Let $\Delta{}ABC$ be an acute triangle and $O$ its orthocenter, so that $O$ is in the interior of $\Delta{}ABC$. Is it true that $OA+OB+OC$ is less than the sum of any two sides of $\Delta{}ABC$? In other words, do all of the following necessarily hold:
- $OA+OB+OC<AB+AC$
- $OA+OB+OC<AB+BC$
- $OA+OB+OC<AC+BC$?
This question grew out of my previous SE question that asks about a more general scenario where we only assume that $0<\measuredangle{}ACB<\frac{\pi}{2}$ and seek a point $P$ on the altitude from $C$ that satisfies the inequality $PA+PB+PC<AC+BC$. Restricting to acute triangles and the orthocenter, as this question does, seems interesting and specific enough to warrant its own question.
Best Answer
Credit to @VMF-er
Let $H$ be the orthocenter of the acute-angled $\triangle ABC$ ($H$ is traditionally more commonly used).
Let $E \in AB$ and $F \in AC$ such that $\angle{BHE}=\angle{CHF}=90°$.

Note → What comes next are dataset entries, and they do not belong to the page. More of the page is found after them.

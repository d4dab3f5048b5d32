// The binlog reader: chunks of a file that end anywhere go in, and each event of type 33, 34 or 42 is offered to a set, and each of type 35
// joined to it, as soon as it is whole. The reader is a small value; its work bytes, the buffer of its set and the room for the set after an
// event are lent with each call. What the calls answer and leave is said by `begin_answers`, `step_answers`, `step_leaves`, `step_holds` and
// `end_answers_of` of specs/Step.antt, on the run over a file's bytes of the crate `binlog`.
#![tactic(auto)]

ghost use Rattle.std.specs.Prelude.{◌≡◌, length};
ghost use Rattle.binlog.specs.Held.{Front};
ghost use Rattle.binlog_reader.specs.Does.{acts, acted_as, ActedIs};
ghost use Rattle.binlog_reader.specs.Step.{stepped, step_of, run_in, step_answers, step_leaves, step_holds, begin_answers, said_in, rests_in, end_answers_of, settled_in};

use binlog::{Phase, walk};
use misc::bytes::{smaller, write_bytes};
use misc::refusal::WriteError;
use previous_gtids_event::PREVIOUS_GTIDS_EVENT;
use resume_set::{Offered, check_set, offer};
use two_sets::join::join;

// What an event was told: an offer's three answers, or that its ids were joined (type 35).
#[derive(Clone, Copy, Debug, PartialEq, Eq)]
pub enum Told {
    NoId,
    AlreadyThere,
    Taken,
    Joined,
}

// What a step says: the chunk is used up and more bytes are wanted; the end was named; what an event was told, its type, and the length of
// its body, which stands at the front of the work bytes; or the number of a refusal and, for 13, the length needed. It is a number because
// `Phase::Stopped` has one: a reader's bytes may come back from C with any, which every later step repeats.
#[derive(Clone, Copy, Debug, PartialEq, Eq)]
pub enum Said {
    MoreWanted,
    Ended,
    Event(Told, u8, usize),
    Refused(u8, usize),
}

// Where in the file the reader is, whether checksums end the events, and the length of the set at the front of its buffer.
#[derive(Clone, Copy, Debug, PartialEq, Eq)]
pub struct Reader {
    pub phase: Phase,
    pub checksums: bool,
    pub len: usize,
}

// What a step says, how many bytes of the chunk it used, and the reader after it.
#[derive(Clone, Copy, Debug, PartialEq, Eq)]
pub struct Answer {
    pub said: Said,
    pub used: usize,
    pub reader: Reader,
}

// ---- inside

// What judging an event comes to: what it was told, and the length of the set that was written.
#[derive(Clone, Copy)]
struct Acted {
    told: Told,
    len: usize,
}

impl From<Offered> for Acted {
    ghost from_gives = { λ offered acted. acted ≡ acted_as offered };

    fn from(offered: Offered) -> Acted {
        let (told, len) = match offered {
            Offered::NoId(len) => (Told::NoId, len),
            Offered::AlreadyThere(len) => (Told::AlreadyThere, len),
            Offered::Taken(len) => (Told::Taken, len),
        };
        Acted { told, len }
    }
}

// An event that is whole.
#[derive(Clone, Copy)]
struct Event<'a> {
    event_type: u8,
    body: &'a [u8],
}

impl Event<'_> {
    // Judges it: the set after it is written to `out`.
    #[tactic(auto, unfolding(crate::specs::Does::acts, misc::specs::Output::output_of, misc::specs::Output::answer_of))]
    fn act(self, set: &[u8], out: &mut [u8]) -> Result<Acted, WriteError>
        ensures { ActedIs (acts (length out.old) set.now self.entry.event_type self.entry.body.now) out.old out.new result }
    {
        if self.event_type == PREVIOUS_GTIDS_EVENT {
            let len = join(set, self.body, out)?;
            return Ok(Acted {
                told: Told::Joined,
                len,
            });
        }
        let offered = offer(set, self.event_type, self.body, out)?;
        Ok(Acted::from(offered))
    }
}

// What is said in a phase where no event was judged.
fn said_in(phase: Phase) -> Said
    ensures { result ≡ said_in phase }
{
    match phase {
        Phase::Opening(_)
        | Phase::Header(_)
        | Phase::Body(_, _, _)
        | Phase::Skip(_)
        | Phase::Whole(_, _) => Said::MoreWanted,
        Phase::Ended => Said::Ended,
        Phase::Stopped(refusal, needed) => Said::Refused(refusal, needed),
    }
}

impl Reader {
    // The reader in a phase where no event was judged.
    fn rest(self, phase: Phase, used: usize) -> Answer
        ensures { result ≡ rests_in self phase used }
    {
        Answer {
            said: said_in(phase),
            used,
            reader: Reader { phase, ..self },
        }
    }

    // Judges the event that a walk found, and keeps the set after it.
    fn settle(self, event: Event, used: usize, set: &mut [u8], spare: &mut [u8]) -> Answer
        ensures value { result ≡ step_answers self (stepped (settled_in self.len set.old (length spare.old) event.entry.event_type event.entry.body.now) used) }
        ensures set_after { set.new ≡ step_leaves set.old (settled_in self.len set.old (length spare.old) event.entry.event_type event.entry.body.now) }
        ensures spare_after { spare.new ≡ step_leaves spare.old (settled_in self.len set.old (length spare.old) event.entry.event_type event.entry.body.now) }
    {
        let kept = smaller(self.len, set.len());
        let room = smaller(set.len(), spare.len());
        match event.act(&set[..kept], &mut spare[..room]) {
            Ok(acted) => {
                let _ = write_bytes(&spare[..acted.len], set);
                Answer {
                    said: Said::Event(acted.told, event.event_type, event.body.len()),
                    used,
                    reader: Reader {
                        phase: Phase::Header(0),
                        len: acted.len,
                        ..self
                    },
                }
            }
            Err(error) => self.rest(Phase::from(error), used),
        }
    }
}

// A reader before the opening of a file, which goes on from a set; bytes that are none are refused with 14, and every step repeats it.
pub fn begin(set: &[u8], checksums: bool) -> Answer
    ensures { result ≡ begin_answers set.now checksums }
{
    let phase = match check_set(set) {
        Ok(_) => Phase::Opening(0),
        Err(refusal) => Phase::from(refusal),
    };
    let reader = Reader {
        phase,
        checksums,
        len: set.len(),
    };
    reader.rest(phase, 0)
}

// Takes bytes of a chunk up to the end of the next event that is offered or joined, a refusal, or the chunk's end, and says one thing; the
// caller goes on with the rest of the chunk. `set` has the set at its front, before and after; `spare` is the room for the set after an
// event, and `work` the reader's own. After a refusal every step repeats it, and uses nothing.
#[tactic(auto, unfolding(crate::specs::Step::steps))]
pub fn step(
    reader: Reader,
    chunk: &[u8],
    work: &mut [u8],
    set: &mut [u8],
    spare: &mut [u8],
) -> Answer
    ensures value { result ≡ step_answers reader (step_of reader work.old set.old (length spare.old) chunk.now) }
    ensures set_after { set.new ≡ step_leaves set.old (run_in (step_of reader work.old set.old (length spare.old) chunk.now)) }
    ensures spare_after { spare.new ≡ step_leaves spare.old (run_in (step_of reader work.old set.old (length spare.old) chunk.now)) }
    ensures front { Front (step_holds (run_in (step_of reader work.old set.old (length spare.old) chunk.now))) work.new }
{
    let walked = walk(reader.phase, reader.checksums, chunk, work);
    let Phase::Whole(event_type, len) = walked.phase else {
        return reader.rest(walked.phase, walked.used);
    };
    let event = Event {
        event_type,
        body: &work[..len],
    };
    reader.settle(event, walked.used, set, spare)
}

// Names the end of the file: inside the opening or an event that is refused with 1. Naming it again repeats the answer.
pub fn end(reader: Reader) -> Answer
    ensures { result ≡ end_answers_of reader }
{
    reader.rest(binlog::end(reader.phase), 0)
}
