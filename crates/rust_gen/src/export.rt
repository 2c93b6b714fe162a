//! The wrapper of an exported function.

ghost use Rattle.std.specs.Prelude.{◌≡◌, ◌∷◌, true, length, IfOk, OnOk};
ghost use Rattle.wit_model.specs.Distinct.{is_distinct};
ghost use Rattle.wit_model.specs.IndexRange.{function_in_range};
ghost use Rattle.wit_model.specs.WellFormed.{IsWellFormed};
ghost use Rattle.gen_accept.specs.DeclaredNames.{guest_name};
ghost use Rattle.wrapper_faithful.specs.Passed.{passed};
ghost use Rattle.abi_driver.specs.Exports.{export_params};
ghost use Rattle.wrapper_closing.specs.Bodies.{calls_method};
ghost use Rattle.wrapper_closing.specs.Params.{arg_names, export_args, ret_area};
ghost use Rattle.wrapper_closing.specs.Parts.{CanWriteFunction};
ghost use Rattle.rust_gen.specs.Body.{AreExportParts, CallsMethodOf, IsCodeOf, IsExportCode, IsExportMade, IsExportOutside};
ghost use Rattle.rust_gen.specs.Known.{AreAtHand, HasCode};

use crate::exported::{export_result, guest_name};
use abi_bindgen::Asked;
use func_gen::{Body, TypeTables};
use rust_tree::{Block, CallBlock, CoreParam, ExportFn, RuntimeItem};
use std::alloc::Global;
use wit_model::{Function, List, OutOfMemory, Resolve, Text};
use wrapper_closing::{BodyParts, cleanup_list, core_params, core_sites, export_body, ret_area};

/// The code of an export's wrapper.
#[derive(Drop)]
pub(crate) struct ExportCode {
    /// The block that calls the method.
    pub(crate) call: CallBlock,
    /// What stands behind it.
    pub(crate) rest: Block,
    /// The area that it needs, if it needs one.
    pub(crate) area: Option<Asked>,
    /// The items of `_rt` that it asks for.
    pub(crate) runtime: List<RuntimeItem>,
}

/// Of what the body of an exported function's wrapper with these core parameters is made, and that of its post-return function.
pub(crate) fn export_parts<'a>(
    alloc: Global,
    resolve: &Resolve,
    tables: &'a TypeTables,
    params: &[CoreParam],
) -> Result<BodyParts<'a>, OutOfMemory>
    requires well { IsWellFormed resolve.now }
    requires distinct { is_distinct (ret_area ∷ arg_names params.now) ≡ true }
    requires tables { AreAtHand resolve.now.types tables.now }
    ensures { IfOk result (AreExportParts resolve.now.types tables.now.sites params.now) }
{
    let home = guest_name(alloc)?;
    let area = ret_area(alloc)?;
    let cleanup = cleanup_list(alloc)?;
    let params = core_sites(alloc, params)?;
    Ok(BodyParts {
        tables,
        home,
        area,
        cleanup,
        params,
    })
}

/// The code that a body is, which calls a method.
fn code_of(body: Body) -> ExportCode
    requires { calls_method body ≡ true }
    ensures { IsCodeOf body result }
{
    let Body {
        call,
        stmts,
        tail,
        area,
        runtime,
    } = body;
    match call {
        Some(call) => ExportCode {
            call,
            rest: Block { stmts, tail },
            area,
            runtime,
        },
        None => unreachable!(),
    }
}

/// The code of the wrapper of an exported function with these core parameters, which calls its method, and keeps a value where the
/// function has one.
fn export_code(
    alloc: Global,
    resolve: &Resolve,
    tables: &TypeTables,
    f: &Function,
    params: &[CoreParam],
) -> Result<ExportCode, OutOfMemory>
    requires well { IsWellFormed resolve.now }
    requires within { function_in_range resolve.now f.now ≡ true }
    requires code { HasCode resolve.now.types f.now }
    requires writes { CanWriteFunction resolve.now.types tables.now.sites f.now }
    requires tables { AreAtHand resolve.now.types tables.now }
    requires params { params.now ≡ export_args (passed resolve.now.types f.now) }
    requires many { length params.now ≡ length (export_params resolve.now.types f.now) }
    requires distinct { is_distinct (ret_area ∷ arg_names params.now) ≡ true }
    ensures made { IfOk result (IsExportCode resolve.now.types tables.now.sites f.entry) }
    ensures calls { IfOk result (λ code. CallsMethodOf f.now code.call) }
{
    let parts = export_parts(alloc, resolve, tables, params)?;
    let body = export_body(alloc, resolve, f, parts)?;
    Ok(code_of(body))
}

/// What comes before the code of a wrapper.
#[derive(Drop)]
pub(crate) struct ExportHead {
    pub(crate) base: Text,
    pub(crate) bound: Text,
    pub(crate) params: List<CoreParam>,
}

/// The head of the wrapper of an exported function, and that of its post-return function.
pub(crate) fn export_head(
    alloc: Global,
    f: &Function,
    params: List<CoreParam>,
) -> Result<ExportHead, OutOfMemory>
    ensures base { IfOk result (λ h. h.base ≡ f.now.name.snake) }
    ensures bound { IfOk result (λ h. h.bound ≡ guest_name) }
    ensures params { IfOk result (λ h. h.params ≡ params) }
{
    let base = f.name.snake.copy(alloc)?;
    let bound = guest_name(alloc)?;
    Ok(ExportHead {
        base,
        bound,
        params,
    })
}

/// The wrapper of an exported function with this head and this code.
fn export_fn(
    resolve: &Resolve,
    f: &Function,
    head: ExportHead,
    call: CallBlock,
    rest: Block,
) -> ExportFn
    requires well { IsWellFormed resolve.now }
    requires within { function_in_range resolve.now f.now ≡ true }
    requires base { head.base ≡ f.now.name.snake }
    requires bound { head.bound ≡ guest_name }
    requires params { head.params ≡ export_args (passed resolve.now.types f.now) }
    ensures { IsExportOutside resolve.now.types f.now call rest result }
{
    let ExportHead {
        base,
        bound,
        params,
    } = head;
    ExportFn {
        base,
        bound,
        params,
        result: export_result(resolve, f),
        call,
        rest,
    }
}

/// The wrapper of an exported function; the area that it needs, if it needs one; and the items of `_rt` that it asks for.
#[derive(Drop)]
pub(crate) struct ExportMade {
    pub(crate) wrapper: ExportFn,
    pub(crate) area: Option<Asked>,
    pub(crate) runtime: List<RuntimeItem>,
}

/// The wrapper of an exported function, and what it asks for.
pub(crate) fn export_wrapper(
    alloc: Global,
    resolve: &Resolve,
    tables: &TypeTables,
    f: &Function,
) -> Result<ExportMade, OutOfMemory>
    requires well { IsWellFormed resolve.now }
    requires within { function_in_range resolve.now f.now ≡ true }
    requires code { HasCode resolve.now.types f.now }
    requires writes { CanWriteFunction resolve.now.types tables.now.sites f.now }
    requires tables { AreAtHand resolve.now.types tables.now }
    ensures { IfOk result (IsExportMade resolve.now.types tables.now.sites f.now) }
{
    let params = core_params(alloc, resolve, f)?;
    let ExportCode {
        call,
        rest,
        area,
        runtime,
    } = export_code(alloc, resolve, tables, f, params.as_slice())?;
    let head = export_head(alloc, f, params)?;
    let wrapper = export_fn(resolve, f, head, call, rest);
    Ok(ExportMade {
        wrapper,
        area,
        runtime,
    })
}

Observe that $AEHF$ is a parallelogram:
$$AE+AF>HA$$
Further, $\triangle BEH$ and $\triangle CFH$ are right triangles:
$$BE>HB \;\;\text{and}\;\; CF>HC$$
Adding the three inequalities, we get the desired inequality:
$$HA+HB+HC<AB+AC$$
Applying this cyclically proves the problem. $\;\blacksquare$
In fact, the following is a corollary of this result (using the extended law of sines and $AH=2R\cos(A$)...:
$$\cos A+\cos B+\cos C<\sin B+\sin C$$
We could also reverse-engineer and use this trigonometric inequality as our starting point, but that would require using sum to product formulae and an analysis of increasing/decreasing behaviour on certain domains, etc. which seems like a clumsier solution.